- Film poster
- Breaking Point - Pornografisk thriller
- Directed by: Bo Arne Vibenius
- Screenplay by: Nat Sharp Bo Arne Vibenius
- Story by: Bo Arne Vibenius
- Produced by: Bo Arne Vibenius
- Starring: Andreas Bellis
- Cinematography: Adam de Loup
- Edited by: Robert Taylor
- Music by: Ralph Lundsten
- Production company: Audiovision Investment
- Distributed by: Elit-Film
- Release date: October 13, 1975 (Sweden);
- Running time: 95 minutes
- Country: Sweden
- Language: English

= Breaking Point (1975 film) =

1975 Swedish thriller film

Breaking Point is a 1975 Swedish adult thriller film written and directed Bo Arne Vibenius.

In the film, an office worker resorts to a series of rapes to deal with his sexual urges. When he is taken hostage by bank robbers, he proceeds to kill the robbers and to attack a police helicopter. Before rushing to the airport, where he is reunited with his returning wife and daughter.

== Plot ==
A man named Bob Bellings rapes a woman in her apartment, then fatally bludgeons her with an ashtray. The next day, Bob goes to work at his office, where he watches a newscast in which a psychiatric expert explains that women should not resist being sexually assaulted, as that is what most predators want, and that 89% of surveyed women admitted to wanting to be raped at least once in their lives.

One of Bob's fellow employees (who are all female) later teases him in a sexual manner, which prompts Bob into going out for his break, during which he stalks and has sex with a woman. Bob returns to work and watches another newscast, which announces that the government will be issuing requisition cards that authorized citizens can take to gun shops and exchange for side arms.

After another encounter with his promiscuous coworker, Bob leaves work, rents a car, and follows another woman to her home and rapes her. She responds by stabbing him with a pair of scissors during the act. When the woman tries to escape, Bob uses his car to knock hers off of the road and into a house, causing a fiery explosion. Bob then goes home and masturbates into a coffee cup, which he tricks the employee who had been taunting him into drinking from.

Bob proceeds to turn his requisition card in for a handgun, which the overzealous clerk provides explosive "fragmentation ammo" for. Upon leaving the munitions shop, Bob snatches a young girl from a playground, and eats candy with her in the woods before dropping her off at her house. Afterward, Bob practices with his gun, and picks up and has sex with a female hitchhiker, who at one point rides the gear shift of Bob's rental car (which Bob later returns, sans the gear shift's knob).

Bob is subsequently mugged, and then taken hostage by a trio of bank robbers, who decide to execute him. Bob uses his fragmentation rounds to kill the thieves before shooting down a police helicopter and escaping in a hijacked car. The film ends with Bob going to an airport and reuniting with his wife and daughter, who were away on a trip.

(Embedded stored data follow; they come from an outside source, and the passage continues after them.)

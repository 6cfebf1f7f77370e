//! All places, parted at cuts.
ghost use Rattle.std.specs.Prelude.{◌≡◌, IsTrue, IfOk};
ghost use Rattle.share_blocks.specs.Cuts.{ranges_between, rise_from};

use desk_words::{MOST_PLACES, Range};
use std::alloc::{AllocError, Global};

/// All places, parted at the cuts.
pub(crate) fn parted_at(alloc: Global, cuts: &[u64]) -> Result<Vec<Range>, AllocError>
    requires { IsTrue (rise_from 1 cuts.now) }
    ensures { IfOk result (λ ranges. ranges.items ≡ ranges_between 1 cuts.now) }
{
    let mut ranges = Vec::with_capacity(alloc, cuts.len().saturating_add(1))?;
    let mut from = 1;
    for cut in cuts {
        ranges.push(Range::with_ends(from, *cut - 1))?;
        from = *cut;
    }
    ranges.push(Range::with_ends(from, MOST_PLACES))?;
    Ok(ranges)
}
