//! Ranges of a member's shares that are covered in turn, each with a tag, and which tags cover a
//! place, the newest first.
//!
//! A member may appoint several proxies, each for other shares (section 324(2) of the Act), and may
//! appoint anew for shares that are appointed for. Covered in order of receipt, each range under
//! the number of its appointment, the newest tag of a place tells which appointment is the last for
//! it.
#![tactic(auto)]

mod admitted;
mod blocks;
mod cuts;
pub mod laws;
mod linked;
mod plain;
mod tag;

pub use admitted::Admitted;
pub use blocks::{Blocks, run};
pub use linked::LinkedBlocks;
pub use plain::PlainBlocks;
pub use tag::Tag;
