//! Laws of covering, whoever implements it.
ghost use Rattle.std.specs.Prelude.{◌≡◌, ℕ, Bool, IfOk, find};
ghost use Rattle.share_blocks.specs.Pieces.{tags_at};

use crate::blocks::{Blocks, run};
use crate::tag::Tag;
use desk_words::Range;
use std::alloc::{AllocError, Global};

/// Covers ranges in turn, by one kind of blocks and by another: both have the same pieces. So
/// their ranges are the same, and at each place the first tag that passes a test, whatever tags are
/// admitted. The only error is want of memory.
pub fn run_alike<A: Blocks, B: Blocks>(
    alloc: Global,
    covers: &[(Range, Tag)],
) -> Result<(A, B), AllocError>
    ensures pieces { IfOk result (λ both. A.pieces both.0 ≡ B.pieces both.1) }
    ensures first { IfOk result (λ both. (place : ℕ) (admitted : ℕ → Bool)
        → find admitted (tags_at (A.pieces both.0) place)
        ≡ find admitted (tags_at (B.pieces both.1) place)) }
{
    let one = run(alloc, covers)?;
    let other = run(alloc, covers)?;
    Ok((one, other))
}
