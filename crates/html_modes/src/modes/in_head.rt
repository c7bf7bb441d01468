//! The "in head" insertion mode (HTML Standard, section 13.2.6.4.4).
ghost use Rattle.std.specs.Prelude.{◌≡◌};
ghost use Rattle.html_rules.specs.Modes.InHead.{in_head};
ghost use Rattle.html_modes.specs.Tables.{rows_of};

use crate::table::Action::{
    AppendComment, AppendText, ClearToMarker, Close, FramesetNotOk, ImpliedEndTagsThoroughly,
    InsertElement, InsertMarker, InsertTemplate, InsertVoid, Nothing, ParseError, Pop,
    PopTemplateMode, PushTemplateMode, ResetMode, SaveMode, SwitchTo,
};
use crate::table::Class::{AnyEndTag, AnythingElse, Comment, EndTags, StartTags, WhiteSpace};
use crate::table::Conclusion::{Done, RawText, ReportEncoding, Reprocess, Using};
use crate::table::Condition::{ScriptingEnabled, TemplateOpen};
use crate::table::{Row, row};
use html_rules::{InsertionMode, TagSet};
use html_tokens::states::RawKind;

const IN_HEAD: &[Row] = &[
    row!(WhiteSpace, [AppendText], Done),
    row!(Comment, [AppendComment], Done),
    row!(
        StartTags(TagSet::Html),
        [Nothing],
        Using(InsertionMode::InBody)
    ),
    row!(
        StartTags(TagSet::MetadataVoid),
        [InsertVoid],
        ReportEncoding
    ),
    row!(
        StartTags(TagSet::Title),
        [InsertElement, SaveMode, SwitchTo(InsertionMode::Text)],
        RawText(RawKind::Rcdata)
    ),
    row!(
        StartTags(TagSet::NoframesStyle),
        [InsertElement, SaveMode, SwitchTo(InsertionMode::Text)],
        RawText(RawKind::Rawtext)
    ),
    row!(StartTags(TagSet::Noscript), if ScriptingEnabled, [InsertElement, SaveMode, SwitchTo(InsertionMode::Text)],
        RawText(RawKind::Rawtext)),
    row!(
        StartTags(TagSet::Noscript),
        [InsertElement, SwitchTo(InsertionMode::InHeadNoscript)],
        Done
    ),
    row!(
        StartTags(TagSet::Script),
        [InsertElement, SaveMode, SwitchTo(InsertionMode::Text)],
        RawText(RawKind::ScriptData)
    ),
    row!(
        EndTags(TagSet::Head),
        [Pop, SwitchTo(InsertionMode::AfterHead)],
        Done
    ),
    row!(
        EndTags(TagSet::BodyHtmlBr),
        [Pop],
        Reprocess(InsertionMode::AfterHead)
    ),
    row!(
        StartTags(TagSet::Template),
        [
            InsertMarker,
            FramesetNotOk,
            SwitchTo(InsertionMode::InTemplate),
            PushTemplateMode(InsertionMode::InTemplate),
            InsertTemplate
        ],
        Done
    ),
    row!(EndTags(TagSet::Template), if TemplateOpen,
        [ImpliedEndTagsThoroughly, Close(TagSet::Template), ClearToMarker, PopTemplateMode, ResetMode], Done),
    row!(EndTags(TagSet::Template), [ParseError], Done),
    row!(StartTags(TagSet::Head), [ParseError], Done),
    row!(AnyEndTag, [ParseError], Done),
    row!(AnythingElse, [Pop], Reprocess(InsertionMode::AfterHead)),
];

/// The rows.
pub(crate) fn rows() -> &'static [Row]
    ensures { rows_of result.now ≡ in_head }
{
    IN_HEAD
}
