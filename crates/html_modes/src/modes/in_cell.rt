//! The "in cell" insertion mode (HTML Standard, section 13.2.6.4.15).
ghost use Rattle.std.specs.Prelude.{◌≡◌};
ghost use Rattle.html_rules.specs.Modes.InCell.{in_cell};
ghost use Rattle.html_modes.specs.Tables.{rows_of};

use crate::table::Action::{
    ClearToMarker, Close, CloseToken, ImpliedEndTags, Nothing, ParseError, SwitchTo,
};
use crate::table::Class::{AnythingElse, EndTags, StartTags};
use crate::table::Conclusion::{Done, Reprocess, Using};
use crate::table::Condition::{InScope, TokenInScope};
use crate::table::{Row, row};
use html_rules::{InsertionMode, TagSet};

const IN_CELL: &[Row] = &[
    row!(EndTags(TagSet::TdTh), if TokenInScope(TagSet::TableScope),
        [ImpliedEndTags, CloseToken, ClearToMarker, SwitchTo(InsertionMode::InRow)], Done),
    row!(EndTags(TagSet::TdTh), [ParseError], Done),
    row!(StartTags(TagSet::CaptionCloser), if InScope(TagSet::TableScope, TagSet::TdTh),
        [ImpliedEndTags, Close(TagSet::TdTh), ClearToMarker], Reprocess(InsertionMode::InRow)),
    row!(StartTags(TagSet::CaptionCloser), [ParseError], Done),
    row!(EndTags(TagSet::InCellIgnoredEnd), [ParseError], Done),
    row!(EndTags(TagSet::CellCloserEnd), if TokenInScope(TagSet::TableScope),
        [ImpliedEndTags, Close(TagSet::TdTh), ClearToMarker], Reprocess(InsertionMode::InRow)),
    row!(EndTags(TagSet::CellCloserEnd), [ParseError], Done),
    row!(AnythingElse, [Nothing], Using(InsertionMode::InBody)),
];

/// The rows.
pub(crate) fn rows() -> &'static [Row]
    ensures { rows_of result.now ≡ in_cell }
{
    IN_CELL
}
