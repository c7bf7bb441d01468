//! The "before html" insertion mode (HTML Standard, section 13.2.6.4.2).
ghost use Rattle.std.specs.Prelude.{◌≡◌};
ghost use Rattle.html_rules.specs.Modes.BeforeHtml.{before_html};
ghost use Rattle.html_modes.specs.Tables.{rows_of};

use crate::table::Action::{
    AppendCommentToDocument, CreateNewRoot, CreateRoot, Nothing, ParseError, SwitchTo,
};
use crate::table::Class::{AnyEndTag, AnythingElse, Comment, EndTags, StartTags, WhiteSpace};
use crate::table::Conclusion::{Done, Reprocess};
use crate::table::{Row, row};
use html_rules::{InsertionMode, TagSet};

const BEFORE_HTML: &[Row] = &[
    row!(Comment, [AppendCommentToDocument], Done),
    row!(WhiteSpace, [Nothing], Done),
    row!(
        StartTags(TagSet::Html),
        [CreateRoot, SwitchTo(InsertionMode::BeforeHead)],
        Done
    ),
    row!(
        EndTags(TagSet::HeadBodyHtmlBr),
        [CreateNewRoot],
        Reprocess(InsertionMode::BeforeHead)
    ),
    row!(AnyEndTag, [ParseError], Done),
    row!(
        AnythingElse,
        [CreateNewRoot],
        Reprocess(InsertionMode::BeforeHead)
    ),
];

/// The rows.
pub(crate) fn rows() -> &'static [Row]
    ensures { rows_of result.now ≡ before_html }
{
    BEFORE_HTML
}
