//! The "initial" insertion mode; doctypes are not among its rows (HTML Standard, section 13.2.6.4.1).
ghost use Rattle.std.specs.Prelude.{◌≡◌};
ghost use Rattle.html_rules.specs.Modes.Initial.{initial};
ghost use Rattle.html_modes.specs.Tables.{rows_of};

use crate::table::Action::{AppendCommentToDocument, Nothing, ParseError, SetQuirks};
use crate::table::Class::{AnythingElse, Comment, WhiteSpace};
use crate::table::Conclusion::{Done, Reprocess};
use crate::table::Condition::IframeSrcdoc;
use crate::table::{Row, row};
use html_rules::InsertionMode;

const INITIAL: &[Row] = &[
    row!(WhiteSpace, [Nothing], Done),
    row!(Comment, [AppendCommentToDocument], Done),
    row!(AnythingElse, if IframeSrcdoc, [Nothing], Reprocess(InsertionMode::BeforeHtml)),
    row!(
        AnythingElse,
        [ParseError, SetQuirks],
        Reprocess(InsertionMode::BeforeHtml)
    ),
];

/// The rows.
pub(crate) fn rows() -> &'static [Row]
    ensures { rows_of result.now ≡ initial }
{
    INITIAL
}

When his wife asks him what he has been up to in her absence, Bob replies, "Oh, you know nothing ever happens in this shit town".

== Cast ==
- Andreas Bellis as Bob Bellings
- Barbara Scott	as Woman in Subway
- Jane McIntosch
- Susanne Audrian
- Bertha Klingspor
- Marlyn Inverness
- Liza June
- Adolf Deutch
- Joachim Bender
- Per-Axel Arosenius as Guns and Ammo Dealer

== Release ==
Created primarily for foreign markets, Breaking Point, like Vibenius's previous film Thriller – A Cruel Picture, was banned in its home country of Sweden.

== Reception ==
Jack Stevenson, the author of Scandinavian Blue: The Erotic Cinema of Sweden and Denmark in the 1960s and 1970s, noted that the film was "even more bizarre" than Thriller – A Cruel Picture, and was "tasteless, violent, pornographic and some would certainly say misogynist - all meant no doubt to reflect the sickness endemic in society at large". Daniel Ekeroth, author of Swedish Sensationsfilms: A Clandestine History of Sex, Thrillers, and Kicker Cinema, similarly categorized Breaking Point as "completely crazy" and "one of the sickest and slowest films ever made". In a review written for Trash Cinema: A Celebration of Overlooked Masterpieces, Michael Harris opined that the film "creates a fantastic sense of insecurity" and is "a wonderful achievement in simplicity and confrontationalism without being confrontational".